**Task item**:
From the first line to the last, print the data exactly as it appears.

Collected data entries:

··········

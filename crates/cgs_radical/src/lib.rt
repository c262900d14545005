//! Whether conditions on the parameters contradict each other.
//!
//! It promises that a region that is found empty has no point, and when it is found so. Below it stand divisions (`cgs_divide`) and conditions
//! (`cgs_entry`). Read first: `emptiness_run` (specs/EmptinessRun), `Contradict` (specs/Laws).
#![tactic(auto)]

mod emptiness;
mod laws;
mod product;

pub use emptiness::{one_alone, test_empty, test_empty_by, vanishing_basis};
pub use laws::{
    contradiction_has_no_point, emptiness_examples, empty_has_no_point, empty_is_contradiction,
};
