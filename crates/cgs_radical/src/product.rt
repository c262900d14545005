//! The product of the polynomials that must not be 0, reduced by a basis after each factor.

ghost use Rattle.std.specs.Prelude.{◌≡◌, ◌<◌, ◌≤◌, ◌-◌, ◌*◌, max, IfOk, IfErr, OnOk, OnErr};
ghost use Rattle.cgs_poly.specs.Polynomial.{IsRing, IsPoly, ArePolys};
ghost use Rattle.cgs_algebra.specs.Groebner.{AreMonic};
ghost use Rattle.cgs_divide.specs.Ending.{EndsAs};
ghost use Rattle.cgs_radical.specs.EmptinessRun.{product_remainder, products_remainder};

use cgs_divide::{Stop, remainder};
use cgs_poly::{Poly, PolyList, Ring};
use std::alloc::Global;

// The remainder of q*n by a basis. The product takes as many units as there are products of terms, at least one; the division what it
// takes.
pub(crate) fn product_remainder(
    alloc: Global,
    ring: &Ring,
    basis: &PolyList,
    q: &Poly,
    n: &Poly,
    fuel: &mut u64,
) -> Result<Poly, Stop>
    requires ring { IsRing ring.now }
    requires monic { AreMonic ring.now basis.now }
    requires basis { ArePolys ring.now basis.now }
    requires first { IsPoly ring.now q.now }
    requires second { IsPoly ring.now n.now }
    ensures ends { EndsAs (product_remainder ring.now basis.now q.now n.now fuel.old) fuel.new result }
    ensures poly { IfOk result (λ r. IsPoly ring.now r) }
    ensures units { fuel.new ≤ fuel.old }
{
    spend_product(q.len(), n.len(), fuel)?;
    let product = Poly::product(alloc, ring, q, n)?;
    let rest = remainder(alloc, ring, &product, basis, fuel)?;
    Ok(rest)
}

// The remainder of q times each factor in turn by a basis, until it is 0.
pub(crate) fn products_remainder(
    alloc: Global,
    ring: &Ring,
    basis: &PolyList,
    factors: &PolyList,
    start: Poly,
    fuel: &mut u64,
) -> Result<Poly, Stop>
    requires ring { IsRing ring.now }
    requires monic { AreMonic ring.now basis.now }
    requires basis { ArePolys ring.now basis.now }
    requires factors { ArePolys ring.now factors.now }
    requires start { IsPoly ring.now start }
    ensures ends { EndsAs (products_remainder ring.now basis.now factors.now start fuel.old) fuel.new result }
    ensures poly { IfOk result (λ r. IsPoly ring.now r) }
    ensures units { fuel.new ≤ fuel.old }
{
    let mut q = start;
    for i in 0..factors.len() {
        if q.len() != 0 {
            q = product_remainder(alloc, ring, basis, &q, factors.get(i), fuel)?;
        }
    }
    Ok(q)
}

// Takes the units of a product of polynomials with so many terms.
fn spend_product(first: usize, second: usize, fuel: &mut u64) -> Result<(), Stop>
    ensures ok { OnOk result ((max 1 (first * second) ≤ fuel.old) × (fuel.new ≡ fuel.old - max 1 (first * second))) }
    ensures budget { OnErr result ((fuel.old < max 1 (first * second)) × (fuel.new ≡ fuel.old)) }
    ensures err { IfErr result (λ stop. stop ≡ Stop.Budget) }
{
    let left = *fuel;
    let Some(products) = first.checked_mul(second) else {
        return Err(Stop::Budget);
    };
    let cost = (products as u64).max(1);
    if left < cost {
        return Err(Stop::Budget);
    }
    *fuel = left - cost;
    Ok(())
}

··········

**Result for this task**:
filename crates/cgs_radical/src/lib.rt
repository c262900d14545005
//! Whether conditions on the parameters contradict each other.
//!
//! It promises that a region that is found empty has no point, and when it is found so. Below it stand divisions (`cgs_divide`) and conditions
//! (`cgs_entry`). Read first: `emptiness_run` (specs/EmptinessRun), `Contradict` (specs/Laws).
#![tactic(auto)]

mod emptiness;
mod laws;
mod product;

pub use emptiness::{one_alone, test_empty, test_empty_by, vanishing_basis};
pub use laws::{
    contradiction_has_no_point, emptiness_examples, empty_has_no_point, empty_is_contradiction,
};
filename crates/cgs_radical/src/product.rt
repository c262900d14545005
//! The product of the polynomials that must not be 0, reduced by a basis after each factor.

ghost use Rattle.std.specs.Prelude.{◌≡◌, ◌<◌, ◌≤◌, ◌-◌, ◌*◌, max, IfOk, IfErr, OnOk, OnErr};
ghost use Rattle.cgs_poly.specs.Polynomial.{IsRing, IsPoly, ArePolys};
ghost use Rattle.cgs_algebra.specs.Groebner.{AreMonic};
ghost use Rattle.cgs_divide.specs.Ending.{EndsAs};
ghost use Rattle.cgs_radical.specs.EmptinessRun.{product_remainder, products_remainder};

use cgs_divide::{Stop, remainder};
use cgs_poly::{Poly, PolyList, Ring};
use std::alloc::Global;

// The remainder of q*n by a basis. The product takes as many units as there are products of terms, at least one; the division what it
// takes.
pub(crate) fn product_remainder(
    alloc: Global,
    ring: &Ring,
    basis: &PolyList,
    q: &Poly,
    n: &Poly,
    fuel: &mut u64,
) -> Result<Poly, Stop>
    requires ring { IsRing ring.now }
    requires monic { AreMonic ring.now basis.now }
    requires basis { ArePolys ring.now basis.now }
    requires first { IsPoly ring.now q.now }
    requires second { IsPoly ring.now n.now }
    ensures ends { EndsAs (product_remainder ring.now basis.now q.now n.now fuel.old) fuel.new result }
    ensures poly { IfOk result (λ r. IsPoly ring.now r) }
    ensures units { fuel.new ≤ fuel.old }
{
    spend_product(q.len(), n.len(), fuel)?;
    let product = Poly::product(alloc, ring, q, n)?;
    let rest = remainder(alloc, ring, &product, basis, fuel)?;
    Ok(rest)
}

// The remainder of q times each factor in turn by a basis, until it is 0.
pub(crate) fn products_remainder(
    alloc: Global,
    ring: &Ring,
    basis: &PolyList,
    factors: &PolyList,
    start: Poly,
    fuel: &mut u64,
) -> Result<Poly, Stop>
    requires ring { IsRing ring.now }
    requires monic { AreMonic ring.now basis.now }
    requires basis { ArePolys ring.now basis.now }
    requires factors { ArePolys ring.now factors.now }
    requires start { IsPoly ring.now start }
    ensures ends { EndsAs (products_remainder ring.now basis.now factors.now start fuel.old) fuel.new result }
    ensures poly { IfOk result (λ r. IsPoly ring.now r) }
    ensures units { fuel.new ≤ fuel.old }
{
    let mut q = start;
    for i in 0..factors.len() {
        if q.len() != 0 {
            q = product_remainder(alloc, ring, basis, &q, factors.get(i), fuel)?;
        }
    }
    Ok(q)
}

// Takes the units of a product of polynomials with so many terms.
fn spend_product(first: usize, second: usize, fuel: &mut u64) -> Result<(), Stop>
    ensures ok { OnOk result ((max 1 (first * second) ≤ fuel.old) × (fuel.new ≡ fuel.old - max 1 (first * second))) }
    ensures budget { OnErr result ((fuel.old < max 1 (first * second)) × (fuel.new ≡ fuel.old)) }
    ensures err { IfErr result (λ stop. stop ≡ Stop.Budget) }
{
    let left = *fuel;
    let Some(products) = first.checked_mul(second) else {
        return Err(Stop::Budget);
    };
    let cost = (products as u64).max(1);
    if left < cost {
        return Err(Stop::Budget);
    }
    *fuel = left - cost;
    Ok(())
}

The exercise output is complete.